What this task involves → Among the entries below, find the lines with the word "stores" and copy them.

Information shown →
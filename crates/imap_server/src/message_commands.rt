//! UID FETCH, UID STORE and UID EXPUNGE (RFC 9051, sections 6.4.5, 6.4.6 and 6.4.9).

ghost use Rattle.std.specs.Prelude.{◌≡◌, ◌<◌, ◌∷◌, [], List, length, take, IfOk, OnOk};
ghost use Rattle.mailcore.specs.declared.keywords.Keyword.{Keyword};
ghost use Rattle.mailcore.specs.KeywordNames.{names_of};
ghost use Rattle.wire_strings.specs.Literals.{IsLiteral};
ghost use Rattle.imap_replies.specs.declared.reply.Reply.TheVariants as replies;
ghost use Rattle.imap_session.specs.NamedMessages.{named_in};
ghost use Rattle.imap_session.specs.MessageCommands.{shown, fetched, removed};
ghost use Rattle.imap_session.specs.Boxes.{store_of, far_of, IsServed};
ghost use Rattle.imap_server.specs.Writing.{Wrote};

use crate::mailbox_commands::number;
use crate::service::Service;
use crate::writing::{say, say_done, say_out_of_place};
use imap_commands::command::{FetchItems, StoreMode};
use imap_replies::fetch::{FetchItem, FetchList};
use imap_replies::reply::Reply;
use imap_session::changing::{expunge, goes, store};
use imap_session::naming::{greatest, is_named, reach};
use mailcore::flags::Flags;
use mailcore::keywords::Keywords;
use mailcore::mailbox::{Message, StoredMailbox};
use std::alloc::{AllocError, Global};
use wire_strings::octets::LentOctets;
use wire_strings::string::WireString;
use wire_tokens::flag_list::FlagList;
use wire_tokens::number::NonZero;
use wire_tokens::tag::Tag;
use wire_tokens::uid_set::UidSet;

impl Service {
    ghost use Rattle.std.specs.Prelude.{◌≡◌, ◌<◌, length, OnOk, OnErr};
    ghost use Rattle.imap_session.specs.NamedMessages.{stored, swept};
    ghost use Rattle.imap_session.specs.MessageCommands.{fetches, stores, expunges};
    ghost use Rattle.imap_server.specs.Places.{changed_there};
    ghost use Rattle.imap_server.specs.Writing.{Answered};

    /// Answers UID FETCH. Each body is written once, into the answer.
    pub(crate) fn fetch(
        &self,
        tag: Tag,
        set: &UidSet,
        items: FetchItems,
        out: &mut Vec<u8>,
    ) -> Result<(), AllocError>
        ensures { OnOk result (Answered (fetches self.now tag set.now items) out.old.items out.new.items self.now) }
    {
        match self.selected_place() {
            Some(place) => {
                say_messages(
                    self.alloc,
                    self.mailbox(place),
                    &self.keywords,
                    set,
                    items,
                    out,
                )?;
                say_done(tag, out)?;
                Ok(())
            }
            None => {
                say_out_of_place(tag, out)?;
                Ok(())
            }
        }
    }

    /// Answers UID STORE.
    pub(crate) fn store(
        &mut self,
        tag: Tag,
        set: &UidSet,
        mode: StoreMode,
        names: &FlagList,
        out: &mut Vec<u8>,
    ) -> Result<(), AllocError>
        ensures ok { OnOk result (Answered (stores self.old tag set.now mode names.now) out.old.items out.new.items self.new) }
        ensures err { OnErr result (self.new ≡ self.old) }
    {
        match self.selected_place() {
            Some(place) => {
                say_done(tag, out)?;
                let flags = names.names().named(&self.keywords);
                self.store_at(place, set, mode, flags);
                Ok(())
            }
            None => {
                say_out_of_place(tag, out)?;
                Ok(())
            }
        }
    }

    /// The same to the mailbox at this place.
    pub(crate) fn store_at(&mut self, place: usize, set: &UidSet, mode: StoreMode, flags: Flags)
        requires { place < length self.old.mailboxes }
        ensures { self.new ≡ record self.old { mailboxes = changed_there (stored mode flags set.now) place self.old.mailboxes } }
    {
        store(self.alloc, &mut self.mailboxes[place], set, mode, flags);
    }

    /// Answers UID EXPUNGE.
    pub(crate) fn expunge(
        &mut self,
        tag: Tag,
        set: &UidSet,
        out: &mut Vec<u8>,
    ) -> Result<(), AllocError>
        ensures ok { OnOk result (Answered (expunges self.old tag set.now) out.old.items out.new.items self.new) }
        ensures err { OnErr result (self.new ≡ self.old) }
    {
        match self.selected_place() {
            Some(place) => {
                say_removed(self.mailbox(place), set, out)?;
                say_done(tag, out)?;
                self.expunge_at(place, set);
                Ok(())
            }
            None => {
                say_out_of_place(tag, out)?;
                Ok(())
            }
        }
    }

    /// The same to the mailbox at this place.
    pub(crate) fn expunge_at(&mut self, place: usize, set: &UidSet)
        requires { place < length self.old.mailboxes }
        ensures { self.new ≡ record self.old { mailboxes = changed_there (swept set.now) place self.old.mailboxes } }
    {
        expunge(self.alloc, &mut self.mailboxes[place], set);
    }
}

/// Reports the items of those messages that the set names.
fn say_messages(
    alloc: Global,
    mailbox: &StoredMailbox,
    keywords: &Keywords,
    set: &UidSet,
    items: FetchItems,
    out: &mut Vec<u8>,
) -> Result<(), AllocError>
    requires { IsServed (far_of mailbox.now) }
    ensures { OnOk result (Wrote (fetched keywords.now (named_in (store_of mailbox.now) set.now) items 1 mailbox.now.messages) out.old.items out.new.items) }
{
    let messages = mailbox.messages.as_slice();
    let top = greatest(messages);
    let (start, end) = reach(messages, set, top);
    for index in start..end {
        let message = &messages[index];
        if is_named(set, top, message.uid) {
            say_message(alloc, index as u32 + 1, message, keywords, items, out)?;
        }
    }
    Ok(())
}

/// Reports the items of a message.
fn say_message(
    alloc: Global,
    place: u32,
    message: &Message,
    keywords: &Keywords,
    items: FetchItems,
    out: &mut Vec<u8>,
) -> Result<(), AllocError>
    requires place { 0 < place }
    requires body { IsLiteral message.now.bytes }
    ensures { OnOk result (Wrote (replies.Fetch place (shown keywords.now items message.now) ∷ []) out.old.items out.new.items) }
{
    let flags = FlagList::of(alloc, message.flags, keywords)?;
    let list = shown(alloc, message, &flags, items)?;
    say(&Reply::Fetch(number(place), list), out)?;
    Ok(())
}

/// The items of a message; its bytes are lent, and so are these names of its flags.
fn shown<'a>(
    alloc: Global,
    message: &'a Message,
    flags: &'a FlagList,
    items: FetchItems,
) -> Result<FetchList<'a>, AllocError>
    requires { IsLiteral message.now.bytes }
    ensures { (keywords : List Keyword) → flags.now ≡ names_of keywords message.now.flags → IfOk result (λ list. list ≡ shown keywords items message.now) }
{
    let bytes = message.bytes.as_slice();
    let mut list = Vec::new(alloc);
    list.push(FetchItem::Uid(NonZero::from(message.uid)))?;
    match items {
        FetchItems::Listing => {
            list.push(FetchItem::Flags(flags.names()))?;
            list.push(FetchItem::Size(bytes.len() as u32))?;
        }
        FetchItems::Body => list.push(FetchItem::Body(Some(literal(bytes))))?,
        FetchItems::Head => list.push(FetchItem::Head(Some(literal(head(bytes)))))?,
    }
    match FetchList::new(list) {
        Some(list) => Ok(list),
        None => unreachable!(),
    }
}

/// These octets as a literal.
fn literal(bytes: &[u8]) -> WireString<'_>
    requires { IsLiteral bytes.now }
    ensures { result ≡ WireString.Literal bytes.now }
{
    match LentOctets::read(bytes) {
        Some(octets) => WireString::Literal(octets),
        None => unreachable!(),
    }
}

/// The first 22 octets of a message, or all.
fn head(bytes: &[u8]) -> &[u8]
    requires { IsLiteral bytes.now }
    ensures head { result.now ≡ take 22 bytes.now }
    ensures literal { IsLiteral result.now }
{
    if bytes.len() > 22 {
        &bytes[..22]
    } else {
        bytes
    }
}

/// Reports which messages are removed: those that the set names and that are marked as deleted.
fn say_removed(mailbox: &StoredMailbox, set: &UidSet, out: &mut Vec<u8>) -> Result<(), AllocError>
    requires { IsServed (far_of mailbox.now) }
    ensures { OnOk result (Wrote (removed (named_in (store_of mailbox.now) set.now) 1 mailbox.now.messages) out.old.items out.new.items) }
{
    let messages = mailbox.messages.as_slice();
    let top = greatest(messages);
    let (start, end) = reach(messages, set, top);
    let mut place = start as u32 + 1;
    for index in start..end {
        if goes(set, top, &messages[index]) {
            say_expunged(place, out)?;
        } else {
            place += 1;
        }
    }
    Ok(())
}

/// Reports that the message at this place is removed.
fn say_expunged(place: u32, out: &mut Vec<u8>) -> Result<(), AllocError>
    requires { 0 < place }
    ensures { OnOk result (Wrote (replies.Expunge place ∷ []) out.old.items out.new.items) }
{
    say(&Reply::Expunge(number(place)), out)?;
    Ok(())
}
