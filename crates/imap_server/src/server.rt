//! A server with one connection at a time.

ghost use Rattle.std.specs.Prelude.{◌≡◌};

use crate::condition::ConnectionState;
use crate::line::LineBuf;
use crate::service::Service;
use crate::unread::Unread;
use mailcore::flags::Flags;
use mailcore::keywords::Keywords;
use mailcore::mailbox::StoredMailbox;
use mailcore::uid::Uid;
use std::alloc::{AllocError, Global};
use std::marker::Model;
use thiserror::Error;

/// Why bytes were not read and answered.
#[derive(Clone, Copy, Debug, PartialEq, Eq, Error)]
pub enum ServerFault {
    /// Memory ran out, and the connection is closed. The mailboxes are those after the commands that were answered before.
    #[error("no memory")]
    NoMemory,
    /// There is no connection: none was made yet, or it was hung up, or memory ran out. (`Server::arrive`: memory ran out.)
    #[error("closed")]
    Closed,
}

/// An IMAP server (RFC 9051, in the profile of docs/SESSION.md): an account, its mailboxes, and one connection at a time.
#[derive(Drop)]
pub struct Server {
    service: Service,
    // what is read and not answered yet, where there is a connection
    unread: Option<Unread>,
    // memory ran out since the last connection began
    is_lost: bool,
}

impl Model for Server {
    ghost use Rattle.std.specs.Option.{option_map};
    ghost use Rattle.imap_server.specs.Unreads.{kept_of};
    ghost use Rattle.imap_server.specs.Taking.{Host, IsServing};

    ghost Value = { Host };

    ghost view = { λ s. record { server = s.service; connection = option_map kept_of s.unread; is_lost = s.is_lost } };

    ghost invariant = { λ s. IsServing s.service s.unread };
}

impl Server {
    ghost use Rattle.std.specs.Prelude.{◌≡◌, true, false, None, Some, [], IfOk, IsErrOf, OnErr, OnOk};
    ghost use Rattle.imap_session.specs.Servers.{NotAuthenticated, is_over};
    ghost use Rattle.imap_session.specs.Unread.{Whole};
    ghost use Rattle.imap_session.specs.Heard.{AreReplies};
    ghost use Rattle.imap_session.specs.Lines.{greeting};
    ghost use Rattle.imap_session.specs.Arrivals.{Arrived};
    ghost use Rattle.imap_session.specs.Boxes.{all_of, AreServed};
    ghost use Rattle.imap_server.specs.Taking.{Host, Fed, Lost};
    ghost use Rattle.imap_server.specs.Bounds.{IsBounded};
    ghost use Rattle.imap_server.specs.Acts.{flagged_by_others, removed_by_others};

    /// A server with these mailboxes, for one user with a password, whose flags are the six that IMAP names. There is no connection.
    ///
    /// The mailboxes keep to the limits of docs/SESSION.md; of two with one name only the first is ever found.
    pub fn new(
        alloc: Global,
        mailboxes: Vec<StoredMailbox>,
        user: Vec<u8>,
        password: Vec<u8>,
    ) -> Server
        requires { AreServed (all_of mailboxes.items) }
        ensures { result ≡ record {
          server = record { user = user.items; password = password.items; mailboxes = all_of mailboxes.items; keywords = []; condition = NotAuthenticated; has_news = false };
          connection = None;
          is_lost = false;
        } }
    {
        Server::with_keywords(alloc, mailboxes, user, password, Keywords::new(alloc))
    }

    /// The same, whose flags are the six and these keywords.
    pub fn with_keywords(
        alloc: Global,
        mailboxes: Vec<StoredMailbox>,
        user: Vec<u8>,
        password: Vec<u8>,
        keywords: Keywords,
    ) -> Server
        requires { AreServed (all_of mailboxes.items) }
        ensures { result ≡ record {
          server = record { user = user.items; password = password.items; mailboxes = all_of mailboxes.items; keywords = keywords; condition = NotAuthenticated; has_news = false };
          connection = None;
          is_lost = false;
        } }
    {
        let service = Service {
            alloc,
            user,
            password,
            mailboxes,
            keywords,
            condition: ConnectionState::NotAuthenticated,
            has_news: false,
        };
        Server {
            service,
            unread: None,
            is_lost: false,
        }
    }

    /// Begins a connection, and hangs up an earlier one. The answer is the greeting, `* OK ready` (RFC 9051, section 7.1.1).
    pub fn connect(&mut self) -> &'static [u8]
        ensures greeting { AreReplies greeting result.now }
        ensures new { self.new ≡ record {
          server = record self.old.server { condition = NotAuthenticated; has_news = false };
          connection = Some (Whole []);
          is_lost = false;
        } }
    {
        self.service.enter(ConnectionState::NotAuthenticated);
        self.service.set_news(false);
        self.is_lost = false;
        self.unread = Some(Unread::Line(LineBuf::new(self.service.alloc)));
        b"* OK ready\r\n"
    }

    /// Reads bytes that come over the connection, in any pieces, and answers what they complete: the replies as bytes.
    /// After LOGOUT, and where the connection ended otherwise, nothing is answered.
    pub fn feed(&mut self, piece: &[u8]) -> Result<Vec<u8>, ServerFault>
        // The replies so far and the mailboxes are those of what was sent so far.
        ensures ok { IfOk result (λ out. Fed self.old piece.now out.items self.new) }
        // Some of it was answered, and the connection is no more.
        ensures no_memory { IsErrOf result ServerFault.NoMemory → Lost self.old piece.now self.new }
        ensures closed { IsErrOf result ServerFault.Closed → (self.old.connection ≡ None) × (self.new ≡ self.old) }
        // Its mailboxes keep to the limits.
        ensures served { AreServed self.new.server.mailboxes }
        // What waits to be answered keeps within the limits of one command.
        ensures bounded { IsBounded self.new.connection }
    {
        let Some(unread) = self.unread.take() else {
            return Err(ServerFault::Closed);
        };
        let mut out = Vec::new(self.service.alloc);
        match self.service.read(unread, piece, &mut out) {
            Ok(after) => {
                self.service.is_served();
                self.unread = Some(after);
                Ok(out)
            }
            Err(AllocError) => {
                self.service.is_served();
                self.is_lost = true;
                Err(ServerFault::NoMemory)
            }
        }
    }

    /// Adds a message that comes from elsewhere to the mailbox of this name (as other programs add some), under its next UID, with those of
    /// the flags that have a name, and returns this UID. It is taken in any condition of the connection. If the mailbox is selected, the
    /// replies to the next command begin with `* n EXISTS`.
    ///
    /// None, with nothing changed: no mailbox has the name (names compare as in commands), or the message has a byte 0 or more
    /// than 16777238 bytes, or no UID is left.
    pub fn arrive(
        &mut self,
        name: &[u8],
        flags: Flags,
        message: &[u8],
    ) -> Result<Option<Uid>, ServerFault>
        ensures ok { IfOk result (λ uid. (self.old.is_lost ≡ false) × Arrived name.now flags message.now uid self.old.server self.new.server
            × (self.new ≡ record self.old { server = self.new.server })) }
        ensures no_memory { IsErrOf result ServerFault.NoMemory → (self.old.is_lost ≡ false)
            × (self.new ≡ record self.old { connection = None; is_lost = true }) }
        ensures closed { IsErrOf result ServerFault.Closed → (self.old.is_lost ≡ true) × (self.new ≡ self.old) }
        // Its mailboxes keep to the limits.
        ensures served { AreServed self.new.server.mailboxes }
    {
        if self.is_lost {
            self.service.is_served();
            return Err(ServerFault::Closed);
        }
        match self.service.arrive(name, flags, message) {
            Ok(uid) => {
                self.service.is_served();
                Ok(uid)
            }
            Err(AllocError) => {
                self.service.is_served();
                self.hang_up();
                self.is_lost = true;
                Err(ServerFault::NoMemory)
            }
        }
    }

    /// Sets flags of the message with this UID in the mailbox of this name, and then clears others, as another session does: of both those
    /// that have a name. Nothing of it is reported to the connection. Where there is no such message, nothing changes.
    pub fn flag(
        &mut self,
        name: &[u8],
        uid: Uid,
        set: Flags,
        clear: Flags,
    ) -> Result<(), AllocError>
        ensures ok { OnOk result (self.new ≡ record self.old { server = flagged_by_others name.now uid set clear self.old.server }) }
        ensures err { OnErr result (self.new ≡ self.old) }
        // Its mailboxes keep to the limits.
        ensures served { AreServed self.new.server.mailboxes }
    {
        let done = self.service.flag(name, uid, set, clear);
        self.service.is_served();
        done
    }

    /// Removes the message with this UID from the mailbox of this name, as another session does. Nothing of it is reported to the connection.
    /// Where there is no such message, nothing changes.
    pub fn remove(&mut self, name: &[u8], uid: Uid) -> Result<(), AllocError>
        ensures ok { OnOk result (self.new ≡ record self.old { server = removed_by_others name.now uid self.old.server }) }
        ensures err { OnErr result (self.new ≡ self.old) }
        // Its mailboxes keep to the limits.
        ensures served { AreServed self.new.server.mailboxes }
    {
        let done = self.service.remove(name, uid);
        self.service.is_served();
        done
    }

    /// Ends the connection. What is unread is dropped; the mailboxes stay.
    pub fn hang_up(&mut self)
        ensures { self.new ≡ record self.old { connection = None } }
    {
        self.unread = None;
    }

    /// Whether nothing more is read: LOGOUT was answered, or what came last could not be read to its end. It stays so until
    /// `connect`.
    pub fn is_over(&self) -> bool
        ensures { result ≡ is_over self.now.server.condition }
    {
        self.service.is_over()
    }

    /// The mailboxes as they stand.
    pub fn mailboxes(&self) -> &[StoredMailbox]
        ensures { all_of result.now ≡ self.now.server.mailboxes }
    {
        self.service.mailboxes.as_slice()
    }
}
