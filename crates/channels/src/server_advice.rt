//! What to do after a fault of an IMAP server, printed on a line that begins with two spaces.

use crate::store_fault::ConnectFault;
use std::io;
use std::io::{ErrorKind, Write};

/// Prints why the server of this IMAP store does not open or ended a run, and what can be done. The password is not printed.
pub(crate) fn advise_server<E: Write>(
    err: &mut E,
    store: &str,
    why: ConnectFault,
) -> io::Result<()> {
    match why {
        ConnectFault::Unreached(kind) => advise_unreached(err, store, kind),
        ConnectFault::Ended => writeln!(
            err,
            "  the connection to the server of IMAPStore {store} ended: run again"
        ),
        ConnectFault::Dismissed => writeln!(
            err,
            "  the server of IMAPStore {store} ended the session: run again"
        ),
        ConnectFault::NoAnswer => writeln!(
            err,
            "  the server of IMAPStore {store} sent something that is not IMAP: is an IMAP server at its Host and Port?"
        ),
        ConnectFault::NoRev2 => writeln!(
            err,
            "  the server of IMAPStore {store} does not offer IMAP4rev2, which mbsync needs"
        ),
        ConnectFault::LoginRefused => writeln!(
            err,
            "  the server rejected the login: correct User or Pass of IMAPStore {store}, and run again"
        ),
        ConnectFault::Refused => writeln!(
            err,
            "  the server of IMAPStore {store} refused a command after the login"
        ),
        ConnectFault::Unsendable => writeln!(
            err,
            "  User or Pass of IMAPStore {store} has more than 1024 bytes, or characters that cannot be sent"
        ),
    }
}

/// Prints that a server cannot be reached, and what the system says of it.
fn advise_unreached<E: Write>(err: &mut E, store: &str, kind: Option<ErrorKind>) -> io::Result<()> {
    match kind {
        // Above all a name of a host that is not known.
        Some(ErrorKind::Uncategorized) => writeln!(
            err,
            "  the server of IMAPStore {store} cannot be reached: is its name in Host known, and this machine online? Run again then"
        ),
        Some(kind) => writeln!(
            err,
            "  the server of IMAPStore {store} cannot be reached ({kind}): check its Host and Port, and run again"
        ),
        None => writeln!(
            err,
            "  the server of IMAPStore {store} cannot be reached: check its Host and Port, and run again"
        ),
    }
}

The answer →
    ghost use Rattle.imap_session.specs.MessageCommands.{fetches, stores, expunges};
        ensures ok { OnOk result (Answered (stores self.old tag set.now mode names.now) out.old.items out.new.items self.new) }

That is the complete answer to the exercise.